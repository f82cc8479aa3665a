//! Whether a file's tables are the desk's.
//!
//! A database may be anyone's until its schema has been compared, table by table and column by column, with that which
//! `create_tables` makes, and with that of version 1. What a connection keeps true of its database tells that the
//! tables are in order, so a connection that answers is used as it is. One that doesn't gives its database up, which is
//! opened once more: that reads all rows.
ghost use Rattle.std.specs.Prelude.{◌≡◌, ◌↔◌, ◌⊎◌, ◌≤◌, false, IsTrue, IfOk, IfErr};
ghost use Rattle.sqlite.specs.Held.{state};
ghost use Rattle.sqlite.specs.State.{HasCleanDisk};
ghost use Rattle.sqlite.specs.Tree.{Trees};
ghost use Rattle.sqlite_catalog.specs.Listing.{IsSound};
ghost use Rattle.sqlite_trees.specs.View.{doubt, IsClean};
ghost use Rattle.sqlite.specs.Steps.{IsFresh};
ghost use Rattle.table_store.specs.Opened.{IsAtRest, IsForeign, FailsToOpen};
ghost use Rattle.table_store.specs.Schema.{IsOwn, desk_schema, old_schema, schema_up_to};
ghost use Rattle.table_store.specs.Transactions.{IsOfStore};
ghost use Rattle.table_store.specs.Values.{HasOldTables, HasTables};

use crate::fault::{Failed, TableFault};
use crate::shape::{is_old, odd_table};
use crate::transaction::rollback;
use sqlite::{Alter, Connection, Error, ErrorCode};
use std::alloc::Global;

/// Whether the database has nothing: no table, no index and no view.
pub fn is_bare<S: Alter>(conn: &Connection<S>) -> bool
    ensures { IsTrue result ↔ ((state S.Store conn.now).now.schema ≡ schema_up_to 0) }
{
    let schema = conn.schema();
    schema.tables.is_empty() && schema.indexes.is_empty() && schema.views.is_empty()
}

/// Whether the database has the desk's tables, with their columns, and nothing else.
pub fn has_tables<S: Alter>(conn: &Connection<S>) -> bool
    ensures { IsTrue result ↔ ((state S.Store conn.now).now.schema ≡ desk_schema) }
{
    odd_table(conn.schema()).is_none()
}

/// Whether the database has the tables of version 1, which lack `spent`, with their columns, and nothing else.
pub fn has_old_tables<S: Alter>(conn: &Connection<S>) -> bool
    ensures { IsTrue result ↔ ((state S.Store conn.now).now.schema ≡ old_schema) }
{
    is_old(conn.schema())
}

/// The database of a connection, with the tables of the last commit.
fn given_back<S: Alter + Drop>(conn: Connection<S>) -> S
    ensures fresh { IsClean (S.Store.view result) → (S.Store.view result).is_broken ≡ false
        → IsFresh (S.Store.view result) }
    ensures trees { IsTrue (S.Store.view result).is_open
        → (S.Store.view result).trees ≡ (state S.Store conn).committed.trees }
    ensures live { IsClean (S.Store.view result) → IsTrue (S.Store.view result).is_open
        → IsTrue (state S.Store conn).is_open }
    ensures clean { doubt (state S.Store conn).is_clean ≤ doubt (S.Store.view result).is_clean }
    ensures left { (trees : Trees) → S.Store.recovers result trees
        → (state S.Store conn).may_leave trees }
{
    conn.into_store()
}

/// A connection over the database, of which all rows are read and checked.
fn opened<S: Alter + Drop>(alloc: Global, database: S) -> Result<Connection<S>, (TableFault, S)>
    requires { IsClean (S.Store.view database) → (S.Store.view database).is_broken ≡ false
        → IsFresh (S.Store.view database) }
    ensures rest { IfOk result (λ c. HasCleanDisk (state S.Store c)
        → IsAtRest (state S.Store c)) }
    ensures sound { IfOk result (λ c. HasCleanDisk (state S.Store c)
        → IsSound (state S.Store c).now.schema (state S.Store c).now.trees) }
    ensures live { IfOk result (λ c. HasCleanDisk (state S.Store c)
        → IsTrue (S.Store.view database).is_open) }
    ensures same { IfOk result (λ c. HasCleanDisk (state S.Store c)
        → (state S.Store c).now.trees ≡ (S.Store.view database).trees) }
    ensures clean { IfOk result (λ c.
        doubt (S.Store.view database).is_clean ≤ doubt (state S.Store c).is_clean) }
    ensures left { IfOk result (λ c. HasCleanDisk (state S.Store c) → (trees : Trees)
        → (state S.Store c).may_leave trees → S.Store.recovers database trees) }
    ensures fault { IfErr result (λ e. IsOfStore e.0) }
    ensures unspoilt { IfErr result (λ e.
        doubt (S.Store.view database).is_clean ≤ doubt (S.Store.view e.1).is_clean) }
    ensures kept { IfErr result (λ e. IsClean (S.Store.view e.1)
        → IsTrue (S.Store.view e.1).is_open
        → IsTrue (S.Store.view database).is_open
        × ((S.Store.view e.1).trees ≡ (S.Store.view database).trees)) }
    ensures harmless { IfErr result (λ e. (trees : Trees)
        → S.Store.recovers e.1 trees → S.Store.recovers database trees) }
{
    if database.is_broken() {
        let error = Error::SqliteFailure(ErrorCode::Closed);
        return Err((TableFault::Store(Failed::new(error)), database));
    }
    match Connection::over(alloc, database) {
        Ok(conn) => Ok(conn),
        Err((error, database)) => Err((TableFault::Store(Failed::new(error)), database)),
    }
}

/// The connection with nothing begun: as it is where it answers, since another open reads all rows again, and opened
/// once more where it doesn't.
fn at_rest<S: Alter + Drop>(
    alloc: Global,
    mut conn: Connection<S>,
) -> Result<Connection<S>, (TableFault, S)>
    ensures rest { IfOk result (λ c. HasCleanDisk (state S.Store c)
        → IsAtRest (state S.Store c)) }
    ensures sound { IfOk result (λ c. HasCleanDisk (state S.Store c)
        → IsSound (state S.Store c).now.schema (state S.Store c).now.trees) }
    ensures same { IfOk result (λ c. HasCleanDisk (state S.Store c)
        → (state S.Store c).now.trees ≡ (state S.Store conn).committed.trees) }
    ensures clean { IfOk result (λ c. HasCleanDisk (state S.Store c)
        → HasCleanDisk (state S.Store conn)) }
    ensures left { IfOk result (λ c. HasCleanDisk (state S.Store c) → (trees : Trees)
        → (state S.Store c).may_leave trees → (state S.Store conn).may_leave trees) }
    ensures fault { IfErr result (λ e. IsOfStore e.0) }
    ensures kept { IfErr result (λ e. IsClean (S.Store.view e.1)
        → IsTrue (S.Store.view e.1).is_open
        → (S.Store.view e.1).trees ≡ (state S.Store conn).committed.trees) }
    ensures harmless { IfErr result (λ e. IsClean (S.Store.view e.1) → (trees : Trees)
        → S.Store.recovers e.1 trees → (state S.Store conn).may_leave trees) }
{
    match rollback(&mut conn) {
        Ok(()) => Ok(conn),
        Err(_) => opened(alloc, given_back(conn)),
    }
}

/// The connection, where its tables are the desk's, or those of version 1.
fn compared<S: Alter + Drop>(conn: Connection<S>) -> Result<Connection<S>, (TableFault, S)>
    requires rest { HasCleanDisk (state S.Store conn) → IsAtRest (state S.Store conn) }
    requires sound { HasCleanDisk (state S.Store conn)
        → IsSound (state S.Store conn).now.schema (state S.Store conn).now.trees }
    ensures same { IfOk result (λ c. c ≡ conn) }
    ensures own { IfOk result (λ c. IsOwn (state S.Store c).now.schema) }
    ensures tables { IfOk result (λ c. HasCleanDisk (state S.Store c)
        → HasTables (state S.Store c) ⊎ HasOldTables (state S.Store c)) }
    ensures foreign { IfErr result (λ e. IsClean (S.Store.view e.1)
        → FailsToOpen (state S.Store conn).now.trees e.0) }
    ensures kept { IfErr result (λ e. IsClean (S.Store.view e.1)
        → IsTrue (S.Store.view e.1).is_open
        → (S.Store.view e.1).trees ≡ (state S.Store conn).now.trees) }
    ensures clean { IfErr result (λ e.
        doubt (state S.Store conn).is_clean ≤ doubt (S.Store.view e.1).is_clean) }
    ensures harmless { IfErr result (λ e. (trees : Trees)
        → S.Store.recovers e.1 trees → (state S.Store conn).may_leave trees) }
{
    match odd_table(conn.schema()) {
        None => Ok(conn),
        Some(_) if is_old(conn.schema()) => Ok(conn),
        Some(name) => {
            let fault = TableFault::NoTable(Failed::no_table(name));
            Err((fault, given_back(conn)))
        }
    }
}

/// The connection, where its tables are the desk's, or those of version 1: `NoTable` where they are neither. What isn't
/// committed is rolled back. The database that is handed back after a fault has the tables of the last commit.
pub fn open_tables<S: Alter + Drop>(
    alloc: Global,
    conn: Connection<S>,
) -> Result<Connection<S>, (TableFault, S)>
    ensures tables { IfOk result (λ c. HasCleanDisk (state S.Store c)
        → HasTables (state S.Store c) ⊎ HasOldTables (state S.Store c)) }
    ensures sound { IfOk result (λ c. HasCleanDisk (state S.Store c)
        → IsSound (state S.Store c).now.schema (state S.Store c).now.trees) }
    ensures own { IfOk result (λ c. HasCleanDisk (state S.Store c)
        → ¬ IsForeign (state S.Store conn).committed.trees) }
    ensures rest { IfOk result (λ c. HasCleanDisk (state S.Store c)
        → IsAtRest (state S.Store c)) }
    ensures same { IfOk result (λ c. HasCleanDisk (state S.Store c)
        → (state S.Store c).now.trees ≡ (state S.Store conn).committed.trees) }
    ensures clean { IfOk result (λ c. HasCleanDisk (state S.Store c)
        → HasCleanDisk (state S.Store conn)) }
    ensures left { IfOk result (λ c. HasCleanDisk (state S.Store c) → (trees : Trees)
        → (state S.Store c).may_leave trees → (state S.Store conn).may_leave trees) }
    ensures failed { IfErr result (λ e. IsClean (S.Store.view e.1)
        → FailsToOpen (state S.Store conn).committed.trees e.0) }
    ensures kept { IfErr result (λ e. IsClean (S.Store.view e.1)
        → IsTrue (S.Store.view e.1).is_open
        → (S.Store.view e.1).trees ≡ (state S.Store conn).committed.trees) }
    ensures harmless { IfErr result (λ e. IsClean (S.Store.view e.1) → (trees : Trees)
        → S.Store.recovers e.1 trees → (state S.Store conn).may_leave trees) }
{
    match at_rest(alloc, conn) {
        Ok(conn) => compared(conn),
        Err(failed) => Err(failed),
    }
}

========

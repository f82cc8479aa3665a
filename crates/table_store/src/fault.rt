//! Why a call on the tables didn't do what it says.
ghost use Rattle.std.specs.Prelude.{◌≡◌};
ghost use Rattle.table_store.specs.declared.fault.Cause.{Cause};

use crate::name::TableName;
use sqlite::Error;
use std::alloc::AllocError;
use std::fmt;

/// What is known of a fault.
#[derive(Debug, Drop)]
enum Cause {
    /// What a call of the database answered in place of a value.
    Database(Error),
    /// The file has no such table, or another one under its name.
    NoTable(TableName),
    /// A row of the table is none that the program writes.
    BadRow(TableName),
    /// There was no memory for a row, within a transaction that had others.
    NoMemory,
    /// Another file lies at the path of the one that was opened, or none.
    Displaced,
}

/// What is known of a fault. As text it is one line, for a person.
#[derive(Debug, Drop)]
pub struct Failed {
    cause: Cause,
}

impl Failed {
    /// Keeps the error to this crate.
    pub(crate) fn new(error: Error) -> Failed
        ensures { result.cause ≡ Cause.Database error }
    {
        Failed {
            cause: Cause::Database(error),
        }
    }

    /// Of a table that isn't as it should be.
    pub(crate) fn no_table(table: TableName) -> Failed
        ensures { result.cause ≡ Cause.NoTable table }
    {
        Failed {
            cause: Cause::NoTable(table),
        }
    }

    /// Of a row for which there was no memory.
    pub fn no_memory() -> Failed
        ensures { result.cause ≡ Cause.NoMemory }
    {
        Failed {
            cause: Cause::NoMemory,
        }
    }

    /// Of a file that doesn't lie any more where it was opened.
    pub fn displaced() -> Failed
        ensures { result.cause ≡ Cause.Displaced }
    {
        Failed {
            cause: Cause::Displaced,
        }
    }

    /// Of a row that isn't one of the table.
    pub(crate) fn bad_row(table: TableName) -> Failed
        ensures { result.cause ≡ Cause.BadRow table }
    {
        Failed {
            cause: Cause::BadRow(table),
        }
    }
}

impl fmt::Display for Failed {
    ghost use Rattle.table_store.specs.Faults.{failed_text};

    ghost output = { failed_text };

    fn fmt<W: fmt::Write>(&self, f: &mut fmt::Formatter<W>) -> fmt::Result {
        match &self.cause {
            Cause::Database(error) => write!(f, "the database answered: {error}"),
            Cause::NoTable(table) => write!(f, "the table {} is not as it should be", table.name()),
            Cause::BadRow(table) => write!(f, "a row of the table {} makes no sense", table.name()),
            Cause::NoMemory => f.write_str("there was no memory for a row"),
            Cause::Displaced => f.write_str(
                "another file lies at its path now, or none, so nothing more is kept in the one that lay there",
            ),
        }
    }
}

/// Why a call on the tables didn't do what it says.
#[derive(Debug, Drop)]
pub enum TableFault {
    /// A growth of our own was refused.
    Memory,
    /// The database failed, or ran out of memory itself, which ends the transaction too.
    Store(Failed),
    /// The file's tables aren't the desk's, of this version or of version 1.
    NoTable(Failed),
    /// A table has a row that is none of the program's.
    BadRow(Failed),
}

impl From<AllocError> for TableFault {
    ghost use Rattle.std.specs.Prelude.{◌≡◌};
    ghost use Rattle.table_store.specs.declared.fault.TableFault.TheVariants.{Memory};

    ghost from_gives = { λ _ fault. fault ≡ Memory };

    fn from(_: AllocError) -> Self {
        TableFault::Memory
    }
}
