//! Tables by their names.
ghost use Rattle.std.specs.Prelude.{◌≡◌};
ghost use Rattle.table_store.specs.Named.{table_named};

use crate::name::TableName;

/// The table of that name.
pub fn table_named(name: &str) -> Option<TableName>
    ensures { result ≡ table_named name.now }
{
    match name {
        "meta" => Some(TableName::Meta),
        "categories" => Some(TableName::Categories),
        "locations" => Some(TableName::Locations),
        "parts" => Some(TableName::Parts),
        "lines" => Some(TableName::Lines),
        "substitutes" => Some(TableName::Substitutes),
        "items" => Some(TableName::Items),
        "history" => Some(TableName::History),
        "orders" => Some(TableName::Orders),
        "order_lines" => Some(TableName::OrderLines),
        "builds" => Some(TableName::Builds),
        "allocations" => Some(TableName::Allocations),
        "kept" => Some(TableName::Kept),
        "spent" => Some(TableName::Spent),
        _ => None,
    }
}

========

▸ About this task
Go through the records above, find each line with the string "those", and copy it.

▸ Response area
/// The connection, where its tables are the desk's, or those of version 1.
/// The connection, where its tables are the desk's, or those of version 1: `NoTable` where they are neither. What isn't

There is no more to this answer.